[Start of section]
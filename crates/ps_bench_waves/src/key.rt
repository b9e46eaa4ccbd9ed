// What stands for a name in a line.

ghost use Rattle.std.specs.Prelude.{◌≡◌, IfOk, string_bytes};
ghost use Rattle.json.specs.Print.{quoted};
ghost use Rattle.ps_bench_waves.specs.Lines.{key_text};

use crate::format::Format;
use crate::shown::label_of;
use json::Writer;
use ps_base::{Bytes, Memory};
use ps_bench_names::Name;
use ps_model::App;
use std::alloc::Global;

// A text as a string of JSON.
fn quoted(alloc: Global, text: &str) -> Result<Bytes, Memory>
    ensures { IfOk result (λ bytes. bytes ≡ quoted text.now) }
{
    let mut writer = Writer::new(Vec::new(alloc));
    writer.string(text)?;
    Bytes::from_slice(alloc, writer.into_inner().as_slice())
}

/// What stands for a name in a line of a format: its label for a person, and a string with a colon in JSON; in CSV the
/// header has it. An error means out of memory.
pub fn key_of(alloc: Global, app: &App, format: Format, name: Name) -> Result<Bytes, Memory>
    ensures { IfOk result (λ key. key ≡ key_text format app.now name) }
{
    let label = label_of(alloc, app, name)?;
    match format {
        Format::Text | Format::Csv => Bytes::from_slice(alloc, label.as_bytes()),
        Format::Json => {
            let mut key = quoted(alloc, label.as_str())?;
            key.extend_from_slice(b":")?;
            Ok(key)
        }
    }
}
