// The declarations of wires.

ghost use Rattle.std.specs.Prelude.{◌≡◌, ◌<◌, ◌≤◌, ◌++◌, [], IfOk, OnOk, length, codes, flat_map};
ghost use Rattle.ps_bench_waves.specs.declared.identifier.TheConstants.{MOST_WIRES};
ghost use Rattle.ps_bench_waves.specs.Declarations.{opening_byte, opening, closing_byte, closing, between_scopes};
ghost use Rattle.ps_bench_waves.specs.Declarations.{type_text, range_text, wire_text, wires_text, header_text};

use crate::wire::{Shape, Wire};
use crate::{Identifier, MOST_WIRES};
use ps_base::{Bytes, Memory};
use std::alloc::Global;

/// The declarations of wires, by IEEE 1364: times in milliseconds, scopes that are opened and closed, and a variable
/// for each wire, with the identifier of its number in this list. Wires of one scope are to stand together: their scope
/// is opened anew where another one stands between.
///
/// A dump has them in front of its value changes. `Err` comes if memory runs out, and for more than 830,584 wires,
/// which have no identifiers.
pub fn header_of(alloc: Global, wires: &[Wire]) -> Result<Bytes, Memory>
    ensures { IfOk result (λ text. text ≡ header_text wires.now) }
{
    if wires.len() > MOST_WIRES {
        return Err(Memory);
    }
    let mut text = Bytes::from_slice(alloc, b"$timescale 1 ms $end\n")?;
    add_wires(&mut text, wires)?;
    text.extend_from_slice(b"$enddefinitions $end\n")?;
    Ok(text)
}

// Adds the wires, and what closes the last scope.
fn add_wires(text: &mut Bytes, wires: &[Wire]) -> Result<(), Memory>
    requires { length wires.now ≤ MOST_WIRES }
    ensures { OnOk result (text.new ≡ text.old ++ wires_text [] 0 wires.now) }
{
    let mut opened: &[u8] = b"";
    let mut number = 0;
    for wire in wires {
        let scope = wire.scope.as_str().as_bytes();
        add_scopes(text, opened, scope)?;
        add_wire(text, number, wire)?;
        opened = scope;
        number += 1;
    }
    add_closing(text, opened)
}

// Adds the lines from one scope to another.
fn add_scopes(text: &mut Bytes, opened: &[u8], scope: &[u8]) -> Result<(), Memory>
    ensures { OnOk result (text.new ≡ text.old ++ between_scopes opened.now scope.now) }
{
    if opened == scope {
        return Ok(());
    }
    add_closing(text, opened)?;
    add_opening(text, scope)
}

// Adds the lines that open a scope and those around it.
#[tactic(auto, using(crate::proofs::Steps::opening_some))]
fn add_opening(text: &mut Bytes, scope: &[u8]) -> Result<(), Memory>
    ensures { OnOk result (text.new ≡ text.old ++ opening scope.now) }
{
    if scope.is_empty() {
        return Ok(());
    }
    add_some_opening(text, scope)
}

// Adds these lines for a scope that has a name.
fn add_some_opening(text: &mut Bytes, scope: &[u8]) -> Result<(), Memory>
    requires { 0 < length scope.now }
    ensures { OnOk result (text.new ≡ text.old
        ++ (codes "$scope module " ++ (flat_map opening_byte scope.now ++ codes " $end\n"))) }
{
    text.extend_from_slice(b"$scope module ")?;
    add_names(text, scope)?;
    text.extend_from_slice(b" $end\n")
}

// Adds the names of scopes, of which each but the last ends its line.
fn add_names(text: &mut Bytes, names: &[u8]) -> Result<(), Memory>
    ensures { OnOk result (text.new ≡ text.old ++ flat_map opening_byte names.now) }
{
    for byte in names {
        add_name_byte(text, *byte)?;
    }
    Ok(())
}

// Adds a byte of them.
fn add_name_byte(text: &mut Bytes, byte: u8) -> Result<(), Memory>
    ensures { OnOk result (text.new ≡ text.old ++ opening_byte byte) }
{
    if byte == b'.' {
        text.extend_from_slice(b" $end\n$scope module ")
    } else {
        text.push(byte)
    }
}

// Adds the lines that close a scope and those around it.
fn add_closing(text: &mut Bytes, scope: &[u8]) -> Result<(), Memory>
    ensures { OnOk result (text.new ≡ text.old ++ closing scope.now) }
{
    if scope.is_empty() {
        return Ok(());
    }
    add_dots(text, scope)?;
    text.extend_from_slice(b"$upscope $end\n")
}

// Adds a line for each dot among the names of scopes.
fn add_dots(text: &mut Bytes, names: &[u8]) -> Result<(), Memory>
    ensures { OnOk result (text.new ≡ text.old ++ flat_map closing_byte names.now) }
{
    for byte in names {
        if *byte == b'.' {
            text.extend_from_slice(b"$upscope $end\n")?;
        }
    }
    Ok(())
}

// Adds the line of a wire.
fn add_wire(text: &mut Bytes, number: usize, wire: &Wire) -> Result<(), Memory>
    requires { number < MOST_WIRES }
    ensures { OnOk result (text.new ≡ text.old ++ wire_text number wire.now) }
{
    text.extend_from_slice(type_text(wire.shape))?;
    text.extend_from_slice(Identifier::of(number).as_slice())?;
    text.extend_from_slice(b" ")?;
    text.extend_from_slice(wire.name.as_str().as_bytes())?;
    text.extend_from_slice(range_text(wire.shape))
}

// The type of a wire and the number of its bits.
fn type_text(shape: Shape) -> &'static [u8]
    ensures { result.now ≡ type_text shape }
{
    match shape {
        Shape::Bit => b"$var wire 1 ",
        Shape::Code => b"$var wire 16 ",
        Shape::Count => b"$var wire 64 ",
        Shape::Words => b"$var string 1 ",
    }
}

// The numbers of its bits, where there are several, and the end of its line.
fn range_text(shape: Shape) -> &'static [u8]
    ensures { result.now ≡ range_text shape }
{
    match shape {
        Shape::Bit | Shape::Words => b" $end\n",
        Shape::Code => b" [15:0] $end\n",
        Shape::Count => b" [63:0] $end\n",
    }
}
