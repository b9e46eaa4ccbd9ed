// What stands for a name, and how its value is shown.

ghost use Rattle.std.specs.Prelude.{◌≡◌, ◌+◌, ◌≤◌, ◌++◌, [], IfOk, length, slice_get, string_bytes, unwrap_or};
ghost use Rattle.ps_model.specs.Pins.{pin_names};
ghost use Rattle.ps_ways.specs.States as states;
ghost use Rattle.ps_bench_waves.specs.Shown as shown;
ghost use Rattle.ps_bench_waves.specs.Shown.{behind, digit, field_text, json_value, label};
ghost use Rattle.ps_bench_waves.specs.Shown.{state_text, truth_text, value_text};

use crate::line::Line;
use ps_base::Memory;
use ps_bench_names::Name;
use ps_model::{App, Kind, pin_count, pin_name};
use ps_ways::state_words;
use std::alloc::Global;

// The name of an instance.
fn instance_label(app: &App, instance: u16) -> &str
    ensures { result.now ≡ shown.instance_label app.now instance }
{
    if instance < app.instance_count() {
        app.instance_name(instance)
    } else {
        ""
    }
}

// The name of a pin of a kind, nothing past its pins.
fn kind_pin_label(kind: Kind, pin: u8) -> &'static str
    ensures { result.now ≡ unwrap_or (slice_get (pin_names kind) pin) [] }
{
    if pin < pin_count(kind) {
        pin_name(kind, pin)
    } else {
        ""
    }
}

// The name of a pin of an instance.
fn pin_label(app: &App, instance: u16, pin: u8) -> &'static str
    ensures { result.now ≡ shown.pin_label app.now instance pin }
{
    if instance < app.instance_count() {
        kind_pin_label(app.instance_kind(instance), pin)
    } else {
        ""
    }
}

// The name of an input, output or local.
fn signal_label(app: &App, signal: u16) -> &str
    ensures { result.now ≡ shown.signal_label app.now signal }
{
    if signal < app.declared_count() {
        app.signal_name(signal)
    } else {
        ""
    }
}

/// What stands for a name, as it is declared: `S_Ram`, `Guard` or `Guard.S_GuardSwitch1`. An error means out of memory.
pub fn label_of(alloc: Global, app: &App, name: Name) -> Result<String, Memory>
    ensures { IfOk result (λ text. string_bytes text ≡ label app.now name) }
{
    let mut text = String::new(alloc);
    match name {
        Name::Signal(signal) => text.push_str(signal_label(app, signal))?,
        Name::Code(instance) => text.push_str(instance_label(app, instance))?,
        Name::Pin { instance, pin } => {
            text.push_str(instance_label(app, instance))?;
            text.push_str(".")?;
            text.push_str(pin_label(app, instance, pin))?;
        }
    }
    Ok(text)
}

// Puts a truth value as a digit.
pub fn put_digit(line: &mut Line, value: u16)
    requires { length line.old.text + 1 ≤ line.old.room }
    ensures text { line.new.text ≡ line.old.text ++ digit value }
    ensures len { length line.new.text ≡ length line.old.text + 1 }
    ensures room { line.new.room ≡ line.old.room }
{
    line.put(if value == 0 { b"0" } else { b"1" });
}

// Puts a truth value as JSON has it.
pub fn put_truth(line: &mut Line, value: u16)
    requires { length line.old.text + 5 ≤ line.old.room }
    ensures text { line.new.text ≡ line.old.text ++ truth_text value }
    ensures len { length line.new.text ≤ length line.old.text + 5 }
    ensures room { line.new.room ≡ line.old.room }
{
    if value == 0 {
        line.put(b"false");
    } else {
        line.put(b"true");
    }
}

// Puts the words of a DiagCode of a kind, after a blank.
fn put_words(line: &mut Line, kind: Kind, code: u16)
    requires { length line.old.text + 61 ≤ line.old.room }
    ensures text { line.new.text ≡ line.old.text ++ behind (states.state_words kind code) }
    ensures len { length line.new.text ≤ length line.old.text + 61 }
    ensures room { line.new.room ≡ line.old.room }
{
    if let Some(words) = state_words(kind, code) {
        line.put(b" ");
        line.put(words.as_bytes());
    }
}

// Puts a DiagCode of an instance with the words of its state.
fn put_state(line: &mut Line, app: &App, instance: u16, code: u16)
    requires { length line.old.text + 65 ≤ line.old.room }
    ensures text { line.new.text ≡ line.old.text ++ state_text app.now instance code }
    ensures len { length line.new.text ≤ length line.old.text + 65 }
    ensures room { line.new.room ≡ line.old.room }
{
    line.put_code(code);
    if instance < app.instance_count() {
        put_words(line, app.instance_kind(instance), code);
    }
}

// Puts the value of a name for a person.
pub fn put_value(line: &mut Line, app: &App, name: Name, value: u16)
    requires { length line.old.text + 65 ≤ line.old.room }
    ensures text { line.new.text ≡ line.old.text ++ value_text app.now name value }
    ensures len { length line.new.text ≤ length line.old.text + 65 }
    ensures room { line.new.room ≡ line.old.room }
{
    match name {
        Name::Signal(_) | Name::Pin { .. } => put_digit(line, value),
        Name::Code(instance) => put_state(line, app, instance, value),
    }
}

// Puts the value of a name as a field of CSV.
pub fn put_field(line: &mut Line, name: Name, value: u16)
    requires { length line.old.text + 4 ≤ line.old.room }
    ensures text { line.new.text ≡ line.old.text ++ field_text name value }
    ensures len { length line.new.text ≤ length line.old.text + 4 }
    ensures room { line.new.room ≡ line.old.room }
{
    match name {
        Name::Signal(_) | Name::Pin { .. } => put_digit(line, value),
        Name::Code(_) => line.put_code(value),
    }
}

// Puts the value of a name as JSON has it.
pub fn put_json_value(line: &mut Line, name: Name, value: u16)
    requires { length line.old.text + 6 ≤ line.old.room }
    ensures text { line.new.text ≡ line.old.text ++ json_value name value }
    ensures len { length line.new.text ≤ length line.old.text + 6 }
    ensures room { line.new.room ≡ line.old.room }
{
    match name {
        Name::Signal(_) | Name::Pin { .. } => put_truth(line, value),
        Name::Code(_) => {
            line.put(b"\"");
            line.put_code(value);
            line.put(b"\"");
        }
    }
}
[End of section]
ASSIGNMENT: Everything starting at the line containing "let mut text = String::new(alloc);" and ending at the line containing "line.old.text ++ truth_text" in the records above should be repeated exactly, and only that.

ANSWER TO THE PROBLEM:
    let mut text = String::new(alloc);
    match name {
        Name::Signal(signal) => text.push_str(signal_label(app, signal))?,
        Name::Code(instance) => text.push_str(instance_label(app, instance))?,
        Name::Pin { instance, pin } => {
            text.push_str(instance_label(app, instance))?;
            text.push_str(".")?;
            text.push_str(pin_label(app, instance, pin))?;
        }
    }
    Ok(text)
}

// Puts a truth value as a digit.
pub fn put_digit(line: &mut Line, value: u16)
    requires { length line.old.text + 1 ≤ line.old.room }
    ensures text { line.new.text ≡ line.old.text ++ digit value }
    ensures len { length line.new.text ≡ length line.old.text + 1 }
    ensures room { line.new.room ≡ line.old.room }
{
    line.put(if value == 0 { b"0" } else { b"1" });
}

// Puts a truth value as JSON has it.
pub fn put_truth(line: &mut Line, value: u16)
    requires { length line.old.text + 5 ≤ line.old.room }
    ensures text { line.new.text ≡ line.old.text ++ truth_text value }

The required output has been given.